A measurable outcome that represents success after a click, open, or campaign touchpoint.

Back to glossaryAttribution basics

Formal definition

A conversion is a user action designated as a success event within a measurement framework and used as an output for attribution, optimization, or reporting.

Plain-English explanation

A conversion is the action you wanted the user to complete, such as an install, signup, subscription, purchase, or completed onboarding. Teams also compare campaigns by conversion rate, which is usually measured as a percentage.

Visual journey

Journey: a campaign creates visits, the user reaches a Smart Page, then completes signup and later purchase. Both outcomes can count as conversions, and teams compare them against the incoming visit volume.

Diagram showing campaign visits, a Smart Page, a signup conversion, and a purchase conversion as measurable outcomes.

Examples

  • Installing the app after tapping a campaign link.
  • Completing signup after arriving through a Smart Page.
  • If 200 clicks produce 12 signups, the signup conversion rate is 6%.
  • Making a purchase after opening a deferred deep link.

How it works

  • A business event is selected as meaningful enough to measure.
  • The event is recorded with a timestamp and user context.
  • Teams often compare that event against clicks, visits, or opens to calculate conversion rate: conversions / eligible opportunities * 100%.

How Attriax uses it

  • Attriax treats conversions as the outcomes teams want to compare across campaigns, links, and channels.
  • App installs, deep-link opens, and custom events can all help describe the route from acquisition to outcome.
  • A campaign with a higher conversion rate is usually a stronger fit, but teams should still compare volume, quality, and downstream value.

Questions people ask

Why is conversion rate usually shown as a percent?

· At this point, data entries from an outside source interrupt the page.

//! Lists of one call that only calls others in a loop: these come in its place.

ghost use Rattle.std.specs.Prelude.{◌≡◌, ◌∷◌, [], map, IfOk, IfSome, OnErr};
ghost use Rattle.ca_program.specs.View.{program_view};
ghost use Rattle.ca_model.specs.Typed.{TypedHeap};
ghost use Rattle.ca_meaning.specs.ProgramTyped.{ProgramTyped};
ghost use Rattle.ca_meaning.specs.WellTyped.{AllWellTyped};
ghost use Rattle.ca_parallel.specs.Calls.{invocation_of, invocations_of, operation_of};
ghost use Rattle.ca_parallel.specs.Parallel.{ParallelFrom};
ghost use Rattle.ca_run.specs.Turns.{RanTo};
ghost use Rattle.ca_workers.specs.clauses.Ahead.{with_steps};
ghost use Rattle.ca_workers.specs.clauses.Runs.{IsSetting, MayWait, Placed};

use crate::parallel::{Parallel, desk_of};
use ca_base::{Gate, Memory};
use ca_extent::Extent;
use ca_model::Heap;
use ca_parallel::Op;
use ca_program::Program;
use ca_schedule::{Known, calls_in_loop, extent_of_calls, takes_lock};
use ca_section::locks;
use ca_sections::{Coded, Desk, SectionAnswer, section_frozen};
use std::alloc::Global;
use std::sync::Wait;
use std::thread::Threads;

/// The steps of all calls, where so many were left for some of them, which took these.
fn with_steps(left: u64, rest: u64, ended: Option<u64>) -> Option<u64>
    ensures { result ≡ with_steps left rest ended }
{
    match ended {
        Some(more) => {
            let still = rest.saturating_sub(more);
            let steps = left.saturating_sub(still);
            Some(steps)
        }
        None => None,
    }
}

/// Whether a list is one call that calls others in a loop, and takes no lock.
fn opens(alloc: Global, program: &Program, known: &mut Vec<Known>, first: &[Op]) -> bool {
    if first.len() != 1 {
        return false;
    }
    calls_in_loop(known, &first[0]) && !takes_lock(alloc, program, known, first[0].op)
}

/// Lists what a call calls, where it takes no lock, within a budget of steps, and tells the steps that this takes. Nothing changes by it.
fn open(
    desk: &mut Desk,
    alloc: Global,
    program: &Coded<'_>,
    extent: &Extent,
    heap: &Heap,
    op: &Op,
    left: u64,
    listed: &mut Vec<Op>,
) -> Result<Option<u64>, Memory>
    requires setting { IsSetting (program_view program.now) extent.now heap.now }
    requires waiting { MayWait (program_view program.now) extent.now heap.now heap.now (invocation_of op.now ∷ []) }
    requires none { listed.old.items ≡ [] }
    ensures { IfOk result (λ opened. IfSome opened (λ steps. RanTo (program_view program.now) heap.now heap.now (invocation_of op.now ∷ []) left heap.now (invocations_of listed.new.items) steps)) }
{
    let held = locks(program.program(), extent, op.op);
    if held {
        return Ok(None);
    }
    let answer = section_frozen(desk, alloc, program, heap, op, left, listed)?;
    match answer {
        SectionAnswer::Done { steps } => Ok(Some(steps)),
        SectionAnswer::Trapped(_) => Ok(None),
        SectionAnswer::Spent => Ok(None),
    }
}

impl<'g, G: Gate + Sync> Parallel<'g, G> {
    /// What the only one of some calls lists, as `open` tells it, where it calls others in a loop.
    fn open_first(
        &mut self,
        program: &Coded<'_>,
        heap: &Heap,
        first: &[Op],
        left: u64,
        listed: &mut Vec<Op>,
    ) -> Result<Option<u64>, Memory>
        requires program { ProgramTyped (program_view program.now) }
        requires heap { TypedHeap (program_view program.now) heap.now }
        requires typed { AllWellTyped (program_view program.now) heap.now (invocations_of first.now) }
        requires parallel { ParallelFrom (program_view program.now) (map operation_of first.now) }
        requires none { listed.old.items ≡ [] }
        ensures { IfOk result (λ opened. IfSome opened (λ steps. RanTo (program_view program.now) heap.now heap.now (invocations_of first.now) left heap.now (invocations_of listed.new.items) steps)) }
    {
        let many = first.len() != 1;
        if many {
            return Ok(None);
        }
        if !opens(self.alloc, program.program(), self.schedule.known(), first) {
            return Ok(None);
        }
        let extent = extent_of_calls(self.alloc, program, first)?;
        let mut desk = desk_of(self.alloc, &mut self.desk)?;
        let op = &first[0];
        let opened = open(
            &mut desk, self.alloc, program, &extent, heap, op, left, listed,
        )?;
        self.desk = Some(desk);
        Ok(opened)
    }

    /// Runs a list; where it is one call that only calls others in a loop, and takes no lock, these in its place.
    pub(crate) fn run_list<R: Threads + Wait + Sync>(
        &mut self,
        rt: &R,
        program: &Coded<'_>,
        heap: &mut Heap,
        first: &[Op],
        left: u64,
    ) -> Result<Option<u64>, Memory>
        requires program { ProgramTyped (program_view program.now) }
        requires heap { TypedHeap (program_view program.now) heap.old }
        requires typed { AllWellTyped (program_view program.now) heap.old (invocations_of first.now) }
        requires parallel { ParallelFrom (program_view program.now) (map operation_of first.now) }
        ensures placed { IfOk result (Placed (program_view program.now) heap.old heap.old (invocations_of first.now) left heap.new) }
        ensures kept { OnErr result (heap.new ≡ heap.old) }
    {
        let mut listed = Vec::new(self.alloc);
        let opened = self.open_first(program, heap, first, left, &mut listed)?;
        let steps = match opened {
            Some(steps) => steps,
            None => return self.run_lent(rt, program, heap, first, left),
        };
        let rest = left.saturating_sub(steps);
        let ended = self.run_owned(rt, program, heap, first, listed, rest)?;
        Ok(with_steps(left, rest, ended))
    }
}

Because it compares successes to opportunities. If you divide conversions by clicks, visits, installs, or another base, then multiply by 100, you get a percentage that is easy to compare across campaigns.

Does a higher conversion rate always mean a campaign is better?

Usually it signals a better match between the audience and the offer, but not always by itself. Teams should also look at traffic volume, conversion quality, revenue, and what users do after the first conversion.